Sequence length report after DADA2 denoise-pair

koch · April 24, 2018, 7:28pm

Hi,
I'm using dada2 to perform the quality filtering and merging paired reads. I'm wondering if there is a way that I can see what are the lengths of the merged fastq sequences? I know we can easily see the representative sequences, but I want to have an idea of how long the rest of the reads are. I tried the qiime feature-table summarize command but that only gives me the frequencies of features. Thanks in advance and sorry if I miss this information somewhere.

antgonza · April 24, 2018, 9:01pm

Hi @koch,

Just to be sure, do you mean the size of the overlap or the final sequence?

Anyway, remember that when you join sequences with DADA2, the denoising happen first and the joining after; thus, your truncate parameters are really important. Thus, the size of the overlap is "given" with the truncate parameters; perhaps this thread will help you if this is your question.

Now, once the sequences are denoised and merged, they become your "representative sequences", thus the final sequence length is the length of your representative.

Hope this helps.

koch · April 25, 2018, 3:49pm

Thanks @antgonza. I tested different truncation and maxEE so that part is fine with me. My question is rather about the length of sequences that get merged/passed quality trimming. For example, we see in the summary table (after run dada2 denoise-paired command) we have X number of "total frequences" which reflect how many pairs were merged/passed quality trimming. Can we know what are the lengths of this X number of sequences? I guess an easy way is to say: what are the lengths of these fastq/fasta? I read on another thread that we can't export fastq file after the dada2 denoise step (again, I know we can get representatives easily). If there is a report or summary of the total pool of sequences it could be useful, too.

From your reply it looks like the representative sequence is all I can get (in terms of the length and actual sequences). Let me know if I interpret it wrong.

Thanks very much for your help and explanation!

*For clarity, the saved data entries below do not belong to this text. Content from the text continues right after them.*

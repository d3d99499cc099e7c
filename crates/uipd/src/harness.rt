// One run of the program: its files, its line and its sinks in memory, and its expected result.
use crate::run_told::run_told;
use crate::status::Status;
use site_commands::{SiteError, SiteWhy};
use std::alloc::{AllocError, Global};
use std::process::Abort;
use std::test::Fail;
use uip_edge::{Held, Item, MemLink, MemShelf, MemSink};

/// The image of a site of one file.
pub const IMAGE: &[u8] = b"UIPSITE1\0\x01\x0b/index.html\0\0\0\x06hello\n";

/// Returns the bytes of texts in hex digits, one after the other.
pub fn bytes_of(alloc: Global, texts: &[&str]) -> Result<Vec<u8>, Fail> {
    let mut digits = String::new(alloc);
    for text in texts {
        for word in text.split_whitespace() {
            digits.push_str(word)?;
        }
    }
    Ok(
        hex::decode(alloc, digits.as_bytes())
            .ok()
            .ok_or("no hex digits")?,
    )
}

/// Returns the bytes of two such lists, mostly the input and the output.
pub fn both_of(alloc: Global, one: &[&str], other: &[&str]) -> Result<(Vec<u8>, Vec<u8>), Fail> {
    Ok((bytes_of(alloc, one)?, bytes_of(alloc, other)?))
}

/// Returns a prefix of a text, of this length.
pub fn prefix(text: &[u8], len: usize) -> &[u8] {
    &text[..len.min(text.len())]
}

/// Returns the status for a bad image.
pub fn bad(why: SiteWhy, entry: u32) -> Status {
    Status::BadSite(SiteError { why, entry })
}

/// A run over the files `h` and `i` and a line: the calls of the shelf, of the link and of the sink that fail, the sink's room
/// in bytes, and what it has to write, report and return.
#[derive(Clone, Copy, Drop)]
pub struct Trial<'w, 'a> {
    pub words: &'w [&'w str],
    pub h: &'a [u8],
    pub i: &'a [u8],
    pub input: &'a [u8],
    /// How many silences follow.
    pub silences: usize,
    pub shelf_fails: &'a [u64],
    pub link_fails: &'a [u64],
    pub sink_fails: &'a [u64],
    pub room: usize,
    pub output: &'a [u8],
    pub expected: &'a [u8],
    pub status: Status,
}

/// The result of a run.
#[derive(Drop)]
pub struct Ran {
    pub status: Status,
    pub out: MemSink,
    pub tell: MemSink,
}

fn held(alloc: Global, name: &[u8], content: &[u8]) -> Result<Held, AllocError> {
    Ok(Held {
        name: name.to_vec(alloc)?,
        content: content.to_vec(alloc)?,
    })
}

/// Returns the words of a command line.
pub fn words_of(alloc: Global, words: &[&str]) -> Result<Vec<String>, AllocError> {
    let mut list = Vec::new(alloc);
    for word in words {
        list.push(String::from_str(alloc, word)?)?;
    }
    Ok(list)
}

fn sink(alloc: Global, room: usize, fails: &[u64]) -> Result<MemSink, Fail> {
    match MemSink::new(alloc, room, fails.to_vec(alloc)?) {
        Ok(sink) => Ok(sink),
        Err(_) => Err("no memory".into()),
    }
}

impl<'w, 'a> Trial<'w, 'a> {
    /// Returns a trial of words that are done: its input over the line, and its output.
    pub fn new(words: &'w [&'w str], input: &'a [u8], output: &'a [u8]) -> Trial<'w, 'a> {
        Trial {
            words,
            h: IMAGE,
            i: b"hello\n",
            input,
            silences: 0,
            shelf_fails: &[],
            link_fails: &[],
            sink_fails: &[],
            room: 4096,
            output,
            expected: b"",
            status: Status::Done,
        }
    }

    /// Returns a trial of words over the file `h` and no line.
    pub fn over(
        words: &'w [&'w str],
        h: &'a [u8],
        output: &'a [u8],
        status: Status,
    ) -> Trial<'w, 'a> {
        Trial {
            h,
            ..Trial::new(words, b"", output).ending(status)
        }
    }

    /// Returns the same trial with another status.
    pub fn ending(self, status: Status) -> Trial<'w, 'a> {
        Trial { status, ..self }
    }

    fn shelf(&self, alloc: Global) -> Result<MemShelf, AllocError> {
        let mut files = Vec::new(alloc);
        files.push(held(alloc, b"h", self.h)?)?;
        files.push(held(alloc, b"i", self.i)?)?;
        Ok(MemShelf::new(files, self.shelf_fails.to_vec(alloc)?))
    }

    fn link(&self, alloc: Global, most: usize) -> Result<MemLink, AllocError> {
        let mut items = Vec::new(alloc);
        for byte in self.input {
            items.push(Item::Byte(*byte))?;
        }
        for _ in 0..self.silences {
            items.push(Item::Quiet)?;
        }
        Ok(MemLink::new(items, most.max(1), self.link_fails.to_vec(alloc)?))
    }

    /// Runs with at most `most` bytes per read of the link.
    pub fn run(&self, alloc: Global, most: usize) -> Result<Ran, Fail> {
        let words = words_of(alloc, self.words)?;
        let mut shelf = self.shelf(alloc)?;
        let mut link = self.link(alloc, most)?;
        let mut out = sink(alloc, self.room, self.sink_fails)?;
        let mut tell = sink(alloc, 4096, &[])?;
        let status = run_told(alloc, &words, &mut shelf, &mut link, &mut out, &mut tell);
        Ok(Ran { status, out, tell })
    }

    /// Runs with at most `most` bytes per read of the link, and checks the result.
    pub fn check(&self, rt: &impl Abort, alloc: Global, most: usize) -> Result<(), Fail> {
        let ran = self.run(alloc, most)?;
        assert_eq!(rt; ran.status, self.status);
        assert_eq!(rt; ran.out.written(), self.output);
        assert_eq!(rt; ran.tell.written(), self.expected);
        Ok(())
    }

    /// Runs with its items cut in every way.
    pub fn check_cuts(&self, rt: &impl Abort, alloc: Global) -> Result<(), Fail> {
        for most in 1..=self.input.len().max(1) {
            self.check(rt, alloc, most)?;
        }
        Ok(())
    }

    /// Returns whether the output has this line.
    pub fn shows(&self, alloc: Global, line: &str) -> Result<bool, Fail> {
        let ran = self.run(alloc, 1)?;
        match str::from_utf8(ran.out.written()) {
            Ok(text) => Ok(ran.status == Status::Done && text.contains(line)),
            Err(_) => Ok(false),
        }
    }
}

/// Does each run with its items cut in every way.
pub fn check_all(rt: &impl Abort, alloc: Global, trials: &[Trial<'_, '_>]) -> Result<(), Fail> {
    for trial in trials {
        trial.check_cuts(rt, alloc)?;
    }
    Ok(())
}

/// The input of a line, and what is sent, each in pieces in hex digits.
pub type Session<'a> = (&'a [&'a str], &'a [&'a str]);

/// Runs these words for each session, with its items cut in every way.
pub fn check_sessions<'w>(
    rt: &impl Abort,
    alloc: Global,
    words: &'w [&'w str],
    sessions: &[Session<'_>],
) -> Result<(), Fail> {
    for (heard, sent) in sessions {
        let (heard, sent) = both_of(alloc, heard, sent)?;
        Trial::new(words, &heard, &sent).check_cuts(rt, alloc)?;
    }
    Ok(())
}

/// Checks that words that no command has do nothing, whatever the line brings.
pub fn check_bad_words(
    rt: &impl Abort,
    alloc: Global,
    heard: &str,
    rows: &[&[&str]],
) -> Result<(), Fail> {
    let heard = bytes_of(alloc, &[heard])?;
    for words in rows {
        Trial::new(words, &heard, b"")
            .ending(Status::BadWords)
            .check(rt, alloc, 4096)?;
    }
    Ok(())
}
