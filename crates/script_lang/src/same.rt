//! Compares a text with a word of 4 to 16 bytes, four bytes at a time: no loop and no call, if the word is a constant.

ghost use Rattle.std.specs.Prelude.{◌≡◌, ◌+◌, ◌<◌, ◌≤◌, ◌∷◌, Decides, [], bytes_eq, length, nat_eq, slice_index, slice_range, ℕ};
ghost use Rattle.std.specs.Int.{w32, from_le_bytes};
ghost use Rattle.std.specs.List.{ends_with};

/// Returns the four bytes from an offset on, as a number.
#[inline(always)]
fn four_at(text: &[u8], at: usize) -> u32
    requires { at + 4 ≤ length text.now }
    ensures { result ≡ from_le_bytes w32
        (slice_index text.now at ∷ slice_index text.now (at + 1) ∷ slice_index text.now (at + 2) ∷ slice_index text.now (at + 3) ∷ []) }
{
    u32::from_le_bytes([text[at], text[at + 1], text[at + 2], text[at + 3]])
}

/// Returns whether the four bytes from one offset on are those of the other text from its offset on.
#[inline(always)]
fn same_four(text: &[u8], at: usize, other: &[u8], from: usize) -> bool
    requires text_fits { at + 4 ≤ length text.now }
    requires other_room { from + 4 ≤ length other.now }
    ensures { Decides result ((k : ℕ) → k < 4 → slice_index text.now (at + k) ≡ slice_index other.now (from + k)) }
{
    four_at(text, at) == four_at(other, from)
}

/// Returns whether the text has the word at an offset.
#[inline(always)]
fn has_at(text: &[u8], at: usize, word: &[u8]) -> bool
    requires room { at + length word.now ≤ length text.now }
    requires low { 4 ≤ length word.now }
    requires high { length word.now ≤ 16 }
    ensures { result ≡ bytes_eq (slice_range text.now at (at + length word.now)) word.now }
{
    let last = word.len() - 4;
    if last == 1 {
        return same_four(text, at, word, 0) & (text[at + 4] == word[4]);
    }
    let second = last.min(4);
    let third = last.min(8);
    same_four(text, at, word, 0)
        & same_four(text, at + second, word, second)
        & same_four(text, at + third, word, third)
        & same_four(text, at + last, word, last)
}

/// Returns whether the text is the word.
#[inline(always)]
pub fn is_word(text: &[u8], word: &[u8]) -> bool
    requires low { 4 ≤ length word.now }
    requires high { length word.now ≤ 16 }
    ensures { result ≡ bytes_eq text.now word.now }
{
    text.len() == word.len() && has_at(text, 0, word)
}

/// Returns whether the text ends in the word.
#[inline(always)]
pub fn ends_in(text: &[u8], word: &[u8]) -> bool
    requires low { 4 ≤ length word.now }
    requires high { length word.now ≤ 16 }
    ensures { result ≡ ends_with nat_eq text.now word.now }
{
    text.len() >= word.len() && has_at(text, text.len() - word.len(), word)
}
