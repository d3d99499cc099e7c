//! The commands for images of sites.

ghost use Rattle.std.specs.Prelude.{◌≡◌, ◌<◌, All, IsTrue, map, string_bytes};
ghost use Rattle.site_image.specs.Prelude.{is_kind};
ghost use Rattle.site_commands.specs.Prelude.{check_due, page_due, pack_due, upgrade_due, Ends};
ghost use Rattle.uipd.specs.Statuses.{RunsAs, status_of_site};
ghost use Rattle.uipd.specs.Words.{back_part, kind_word, named_file};
ghost use Rattle.uip_edge.specs.Prelude.{work_view};

use crate::parts::{kind_words, named_files};
use crate::status::Status;
use site_commands::{check, pack, page, upgrade};
use std::alloc::Global;
use uip_edge::{Shelf, Sink};

/// Reports the files of the image, or its first fault.
pub fn check_site<H: Shelf, K: Sink>(
    alloc: Global,
    site: &str,
    shelf: &mut H,
    out: &mut K,
) -> Status
    ensures runs { RunsAs status_of_site (Ends (check_due site.now)
        (work_view H.Shelf K.Sink shelf.old out.old) (work_view H.Shelf K.Sink shelf.new out.new)) result }
    ensures kept { H.held shelf.new ≡ H.held shelf.old }
{
    Status::from(check(alloc, site.as_bytes(), shelf, out))
}

/// Writes the page of a target, as a node sends it before anything has happened.
pub fn page_site<H: Shelf, K: Sink>(
    alloc: Global,
    site: &str,
    target: &str,
    shelf: &mut H,
    out: &mut K,
) -> Status
    ensures runs { RunsAs status_of_site (Ends (page_due site.now target.now)
        (work_view H.Shelf K.Sink shelf.old out.old) (work_view H.Shelf K.Sink shelf.new out.new)) result }
    ensures kept { H.held shelf.new ≡ H.held shelf.old }
{
    Status::from(page(alloc, site.as_bytes(), target.as_bytes(), shelf, out))
}

/// Packs the files that the words name.
pub fn pack_site<H: Shelf, K: Sink>(
    alloc: Global,
    words: &[String],
    shelf: &mut H,
    out: &mut K,
) -> Status
    ensures runs { RunsAs status_of_site (Ends (pack_due (map named_file (map string_bytes words.now)))
        (work_view H.Shelf K.Sink shelf.old out.old) (work_view H.Shelf K.Sink shelf.new out.new)) result }
    ensures kept { H.held shelf.new ≡ H.held shelf.old }
{
    match named_files(alloc, words) {
        Ok(files) => Status::from(pack(alloc, &files, shelf, out)),
        Err(_) => Status::NoMemory,
    }
}

/// Upgrades the site, with the content types that the words give.
pub fn upgrade_site<H: Shelf, K: Sink>(
    alloc: Global,
    site: &str,
    words: &[String],
    shelf: &mut H,
    out: &mut K,
) -> Status
    requires { All (λ word. IsTrue (is_kind (back_part (string_bytes word)))) words.now }
    ensures runs { RunsAs status_of_site (Ends (upgrade_due site.now (map kind_word (map string_bytes words.now)))
        (work_view H.Shelf K.Sink shelf.old out.old) (work_view H.Shelf K.Sink shelf.new out.new)) result }
    ensures kept { H.held shelf.new ≡ H.held shelf.old }
{
    match kind_words(alloc, words) {
        Ok(kinds) => Status::from(upgrade(alloc, site.as_bytes(), &kinds, shelf, out)),
        Err(_) => Status::NoMemory,
    }
}
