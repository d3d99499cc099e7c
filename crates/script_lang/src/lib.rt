//! The scripts of a site's pages: text with directives that begin at `%!` and end with their line. `next_piece` reads the next
//! text run, include or call at any offset that is not inside a directive. A page's thread therefore stores one number and no
//! table of pieces. No call is passed an allocator.
#![tactic(auto)]

mod calls;
mod function;
mod piece;
mod same;
mod scan;
mod search;
mod words;

pub use calls::Calls;
pub use function::{Function, greatest_len};
pub use piece::{Found, FoundOf, Piece, PieceOf};
pub use same::{ends_in, is_word};
pub use scan::{next_piece, next_piece_of, runs_past};

#[cfg(test)]
mod tests;
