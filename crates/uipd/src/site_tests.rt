// The work on images, over a shelf and a sink in memory, and the shelf over the system's files.
use crate::file_shelf::FileShelf;
use crate::harness::{IMAGE, Trial, bad, check_all, check_bad_words};
use crate::status::Status;
use crate::tests::PING;
use site_commands::SiteWhy;
use std::fs;
use std::test::Fail;
use uip_edge::Shelf;

// A content type of 65 bytes.
const LONG_KIND: &str =
    "/index.html=aaaaaaaaaaaaaaaaaaaaaaaaaaaaaaaaaaaaaaaaaaaaaaaaaaaaaaaaaaaaaaaaa";

const CORNERS: &[u8] =
    b"UIPSITE1\0\x02\x08/a.shtml\0\0\0\x20x%y%!:/e.txt\n%! nosuch\nz%! ticks\x06/e.txt\0\0\0\0";

const INCLUDE: &[u8] = b"UIPSITE1\0\x02\x08/b.shtml\0\0\0\x0ca%!:/c.txt\nb\x06/c.txt\0\0\0\x03%!x";

const GOOD: &[u8] = b"/index.html 86\nfiles 1\n";

fn checking<'a>(h: &'a [u8], output: &'a [u8], status: Status) -> Trial<'static, 'a> {
    Trial::over(&["check", "h"], h, output, status)
}

#[test]
fn checks_each_prefix_of_an_image(rt: HostRuntime) -> Result<(), Fail> {
    for len in 0..=IMAGE.len() {
        let (output, status): (&[u8], Status) = match len {
            0..=7 => (b"bad site magic 0\n", bad(SiteWhy::Magic, 0)),
            8 | 9 => (b"bad site cut 0\n", bad(SiteWhy::Cut, 0)),
            10..=31 => (b"bad site cut 1\n", bad(SiteWhy::Cut, 1)),
            _ => (GOOD, Status::Done),
        };
        checking(&IMAGE[..len], output, status).check(&rt, rt.alloc(), 1)?;
    }
    Ok(())
}

#[test]
fn checks_bad_images(rt: HostRuntime) -> Result<(), Fail> {
    let rows: [(&[u8], &[u8], SiteWhy, u32); 7] = [
        (
            b"UIPSITE1\0\x01\x0b/index.html\0\0\0\x06hello\n!",
            b"bad site rest 0\n",
            SiteWhy::Rest,
            0,
        ),
        (
            b"UIPSITE1\0\x01\0/index.html\0\0\0\x06hello\n",
            b"bad site name 1\n",
            SiteWhy::Name,
            1,
        ),
        (
            b"UIPSITE1\0\x01\x0b/index?html\0\0\0\x06hello\n",
            b"bad site name 1\n",
            SiteWhy::Name,
            1,
        ),
        (
            b"UIPSITE1\x04\x01\x0b/index.html\0\0\0\x06hello\n",
            b"bad site many 0\n",
            SiteWhy::TooMany,
            0,
        ),
        (
            b"UIPSITE1\0\x02\x02/x\0\0\0\0\x02/x\0\0\0\0",
            b"bad site twice 2\n",
            SiteWhy::Twice,
            2,
        ),
        (
            b"UIPSITE1\0\x01\x08/a.shtml\0\0\0\x06%!:/x\n",
            b"bad site include 1\n",
            SiteWhy::Include,
            1,
        ),
        (
            b"UIPSITE2\0\x01\x0b/index.html\x41text/html\0\0\0\x06hello\n",
            b"bad site kind 1\n",
            SiteWhy::Kind,
            1,
        ),
    ];
    for (image, output, why, entry) in rows {
        checking(image, output, bad(why, entry)).check(&rt, rt.alloc(), 1)?;
    }
    Ok(())
}

#[test]
fn checks_images(rt: HostRuntime) -> Result<(), Fail> {
    let alloc = rt.alloc();
    let good: [(&[u8], &[u8]); 3] = [
        (CORNERS, b"/a.shtml 94\n/e.txt 81\nfiles 2\n"),
        (INCLUDE, b"/b.shtml 85\n/c.txt 84\nfiles 2\n"),
        (b"UIPSITE1\0\0", b"files 0\n"),
    ];
    for (image, output) in good {
        checking(image, output, Status::Done).check(&rt, alloc, 1)?;
    }
    let bad: [&[&str]; 3] = [&["check"], &["check", "h", "h"], &[]];
    check_bad_words(&rt, alloc, PING, &bad)?;
    let whole = checking(IMAGE, GOOD, Status::Done);
    let lacking = checking(IMAGE, b"", Status::ShelfFault);
    let trials = [
        Trial {
            shelf_fails: &[1],
            ..lacking
        },
        Trial {
            shelf_fails: &[2],
            ..lacking
        },
        Trial {
            shelf_fails: &[3],
            ..whole
        },
        Trial {
            words: &["check", "g"],
            ..lacking
        },
        Trial {
            words: &["check", "-"],
            ..lacking
        },
        Trial {
            room: 7,
            ..checking(IMAGE, &GOOD[..7], Status::WriteFault)
        },
        Trial {
            room: 7,
            ..checking(b"UIPSITE", b"bad sit", Status::WriteFault)
        },
    ];
    check_all(&rt, alloc, &trials)
}

/// Returns the report of `check` on the image with the highest bit of the byte at an offset changed.
fn reported_of_damage(place: usize) -> (&'static [u8], Status) {
    match place {
        0..=7 => (b"bad site magic 0\n", bad(SiteWhy::Magic, 0)),
        8 => (b"bad site many 0\n", bad(SiteWhy::TooMany, 0)),
        9 => (b"bad site cut 2\n", bad(SiteWhy::Cut, 2)),
        10..=21 => (b"bad site name 1\n", bad(SiteWhy::Name, 1)),
        22..=25 => (b"bad site cut 1\n", bad(SiteWhy::Cut, 1)),
        _ => (GOOD, Status::Done),
    }
}

#[test]
fn checks_damaged_images(rt: HostRuntime) -> Result<(), Fail> {
    let alloc = rt.alloc();
    let mut image = IMAGE.to_vec(alloc)?;
    for place in 0..image.len() {
        image[place] ^= 0x80;
        let (output, status) = reported_of_damage(place);
        checking(&image, output, status).check(&rt, alloc, 1)?;
        image[place] ^= 0x80;
    }
    Ok(())
}

/// Returns the next of some pseudo-random bytes.
fn next_byte(state: &mut u32) -> u8 {
    *state = state.wrapping_mul(1_664_525).wrapping_add(1_013_904_223);
    (*state >> 24) as u8
}

#[test]
fn checks_random_bytes(rt: HostRuntime) -> Result<(), Fail> {
    let alloc = rt.alloc();
    let mut state = 7;
    let mut bytes = Vec::new(alloc);
    for _ in 0..200 {
        let row = checking(&bytes, b"bad site magic 0\n", bad(SiteWhy::Magic, 0));
        row.check(&rt, alloc, 1)?;
        bytes.push(next_byte(&mut state))?;
    }
    Ok(())
}

#[test]
fn knows_its_words(rt: HostRuntime) -> Result<(), Fail> {
    let bad: [&[&str]; 8] = [
        &["pack"],
        &["pack", "/x=h", "h"],
        &["upgrade"],
        &["upgrade", "h", "/index.html"],
        &["upgrade", "h", "/index.html="],
        &["upgrade", "h", "/index.html=\n"],
        &["upgrade", "h", LONG_KIND],
        &["page", "h"],
    ];
    check_bad_words(&rt, rt.alloc(), PING, &bad)
}

#[test]
fn packs_files(rt: HostRuntime) -> Result<(), Fail> {
    let hello: &[u8] = b"hello\n";
    let rows = [
        Trial::over(&["pack", "/index.html=h"], hello, IMAGE, Status::Done),
        Trial::over(
            &["pack", "/x=h", "/y=i"],
            b"",
            b"UIPSITE1\0\x02\x02/x\0\0\0\0\x02/y\0\0\0\x06hello\n",
            Status::Done,
        ),
        Trial::over(&["pack", "=h"], hello, b"", bad(SiteWhy::Name, 1)),
        Trial::over(&["pack", "/x=h", "y=h"], hello, b"", bad(SiteWhy::Name, 2)),
        Trial::over(
            &["pack", "/x=h", "/x=i"],
            hello,
            b"",
            bad(SiteWhy::Twice, 2),
        ),
        Trial::over(
            &["pack", "/x.shtml=h"],
            b"%!:/y",
            b"",
            bad(SiteWhy::Include, 1),
        ),
        Trial::over(&["pack", "/x=h", "/y=g"], hello, b"", Status::ShelfFault),
        Trial::over(&["pack", "/x=h=i"], hello, b"", Status::ShelfFault),
        Trial::over(&["pack", "/x="], hello, b"", Status::ShelfFault),
        Trial {
            shelf_fails: &[3],
            ..Trial::over(&["pack", "/x=h", "/y=i"], hello, b"", Status::ShelfFault)
        },
        Trial {
            room: 8,
            ..Trial::over(
                &["pack", "/index.html=h"],
                hello,
                &IMAGE[..8],
                Status::WriteFault,
            )
        },
    ];
    check_all(&rt, rt.alloc(), &rows)
}

#[test]
fn stops_reading_where_it_is_too_long(rt: HostRuntime) -> Result<(), Fail> {
    let alloc = rt.alloc();
    let longest = vec![in alloc; 0u8; 16_777_216]?;
    let (h, i): (&[u8], &[u8]) = (&longest, b"1");
    let rows = [
        Trial::over(&["pack", "/x=h", "/y=g"], h, b"", Status::ShelfFault),
        Trial::over(&["pack", "/x=h", "/y=i"], h, b"", bad(SiteWhy::TooLong, 0)),
        Trial {
            i,
            ..Trial::over(
                &["pack", "/x=h", "/y=i", "/z=g"],
                h,
                b"",
                bad(SiteWhy::TooLong, 0),
            )
        },
        Trial::over(&["pack", "/x=h"], h, b"", bad(SiteWhy::TooLong, 0)),
    ];
    check_all(&rt, alloc, &rows)
}

#[test]
fn upgrades_images(rt: HostRuntime) -> Result<(), Fail> {
    let typed: &[u8] = b"UIPSITE2\0\x01\x0b/index.html\x09text/html\0\0\0\x06hello\n";
    let plain: &[u8] = b"UIPSITE2\0\x01\x0b/index.html\x01 \0\0\0\x06hello\n";
    let rows = [
        Trial::over(&["upgrade", "h"], IMAGE, typed, Status::Done),
        Trial::over(&["upgrade", "h"], typed, typed, Status::Done),
        Trial::over(
            &["upgrade", "h", "/index.html= "],
            IMAGE,
            plain,
            Status::Done,
        ),
        Trial::over(
            &["upgrade", "h", "/index.html=x", "/y=z", "/index.html= "],
            typed,
            plain,
            Status::Done,
        ),
        Trial::over(
            &["upgrade", "h", "index.html=x"],
            IMAGE,
            typed,
            Status::Done,
        ),
        Trial::over(&["upgrade", "g"], IMAGE, b"", Status::ShelfFault),
        Trial::over(&["upgrade", "-"], IMAGE, b"", Status::ShelfFault),
        Trial::over(&["upgrade", "h"], &IMAGE[..15], b"", bad(SiteWhy::Cut, 1)),
        Trial::over(
            &["check", "h"],
            b"UIPSITE2\0\x01\x0b/index.html\x18text/html; charset=utf-8\0\0\0\x06hello\n",
            b"/index.html 101\nfiles 1\n",
            Status::Done,
        ),
    ];
    check_all(&rt, rt.alloc(), &rows)
}

/// Reads up to four bytes from an offset on.
fn read_at<H: Shelf>(shelf: &mut H, name: &[u8], at: u64, expected: Option<&[u8]>) -> bool {
    let mut buf = [0; 4];
    match (shelf.read(name, at, &mut buf), expected) {
        (Ok(count), Some(bytes)) => count <= 4 && &buf[..count] == bytes,
        (Err(_), None) => true,
        _ => false,
    }
}

#[test]
fn reads_files_of_the_system(rt: HostRuntime) -> Result<(), Fail> {
    let path = "uipd-shelf-test";
    fs::write(&rt, path, b"a file of bytes")?;
    let mut shelf = FileShelf::new(&rt);
    let name = path.as_bytes();
    assert!(rt; read_at(&mut shelf, name, 0, Some(b"a fi")));
    assert!(rt; read_at(&mut shelf, name, 4, Some(b"le o")));
    assert!(rt; read_at(&mut shelf, name, 12, Some(b"tes")));
    assert!(rt; read_at(&mut shelf, name, 1, Some(b" fil")));
    assert!(rt; read_at(&mut shelf, name, 0, Some(b"a fi")));
    assert!(rt; read_at(&mut shelf, name, 15, Some(b"")));
    assert!(rt; read_at(&mut shelf, name, 400, Some(b"")));
    assert!(rt; read_at(&mut shelf, b"uipd-no-such-file", 0, None));
    assert!(rt; read_at(&mut shelf, b"\xff\xfe", 0, None));
    assert!(rt; read_at(&mut shelf, name, 0, Some(b"a fi")));
    fs::remove_file(&rt, path)?;
    Ok(())
}

pub const HITS: &[u8] = b"UIPSITE1\0\x01\x08/h.shtml\0\0\0\x17%! file-stats /h.shtml\n";

const HELLO_PAGE: &[u8] =
    b"HTTP/1.0 200 OK\r\nServer: uIP/1.0\r\nConnection: close\r\nContent-type: text/html\r\n\r\nhello\n";

const MISSING_PAGE: &[u8] =
    b"HTTP/1.0 404 Not found\r\nServer: uIP/1.0\r\nConnection: close\r\nContent-type: text/html\r\n\r\nnot found\n";

fn paging<'w, 'a>(words: &'w [&'w str], image: &'a [u8], output: &'a [u8]) -> Trial<'w, 'a> {
    Trial::over(words, image, output, Status::Done)
}

#[test]
fn writes_pages(rt: HostRuntime) -> Result<(), Fail> {
    let rows = [
        paging(&["page", "h", "/?a=b"], IMAGE, HELLO_PAGE),
        paging(&["page", "h", "/nosuch"], IMAGE, MISSING_PAGE),
        paging(&["page", "-", "/"], IMAGE, MISSING_PAGE),
        paging(&["page", "h", "x"], IMAGE, b""),
        paging(&["page", "h", ""], IMAGE, b""),
        paging(
            &["page", "h", "/a.shtml"],
            CORNERS,
            b"HTTP/1.0 200 OK\r\nServer: uIP/1.0\r\nConnection: close\r\nContent-type: text/html\r\n\r\nx%yz         0",
        ),
        paging(
            &["page", "h", "/b.shtml HTTP/1.0"],
            INCLUDE,
            b"HTTP/1.0 200 OK\r\nServer: uIP/1.0\r\nConnection: close\r\nContent-type: text/html\r\n\r\na%!xb",
        ),
        paging(
            &["page", "h", "/h.shtml"],
            HITS,
            b"HTTP/1.0 200 OK\r\nServer: uIP/1.0\r\nConnection: close\r\nContent-type: text/html\r\n\r\n         0",
        ),
        Trial {
            room: 60,
            status: Status::WriteFault,
            ..paging(&["page", "h", "/"], IMAGE, &HELLO_PAGE[..60])
        },
        paging(&["page", "k", "/"], IMAGE, b"").ending(Status::ShelfFault),
        paging(&["page", "h", "/"], b"UIPSITE1\0\0!", b"").ending(bad(SiteWhy::Rest, 0)),
    ];
    check_all(&rt, rt.alloc(), &rows)
}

antgonza · April 26, 2018, 1:02pm

@thermokarst suggested looking at feature-table tabulate-seqs for a summary of your file; however, this doesn't give you any stats about sequence lengths or DADA2 runs. Now, this sounds like a possible good addition for the future, what about a summary of the input length of the fastq/fasta, the overlap between reads after denoising, and the final length; anything else?

koch · April 26, 2018, 6:52pm

That sounds great! I can't think of anything else in terms of the report now. However, if it's possible, the fastq file containing dada2 processed sequences will be useful, too. I know this was already mentioned in this thread. I think the file can be useful and gives people some flexibility. Thanks for your help and the suggestions.

antgonza · April 27, 2018, 2:11pm

@koch, just FYI, I just opened a new issue.

koch · April 27, 2018, 4:24pm

Thanks for letting me know. Looking forward to any update :).

system · May 28, 2018, 10:39pm

This topic was automatically closed 31 days after the last reply. New replies are no longer allowed.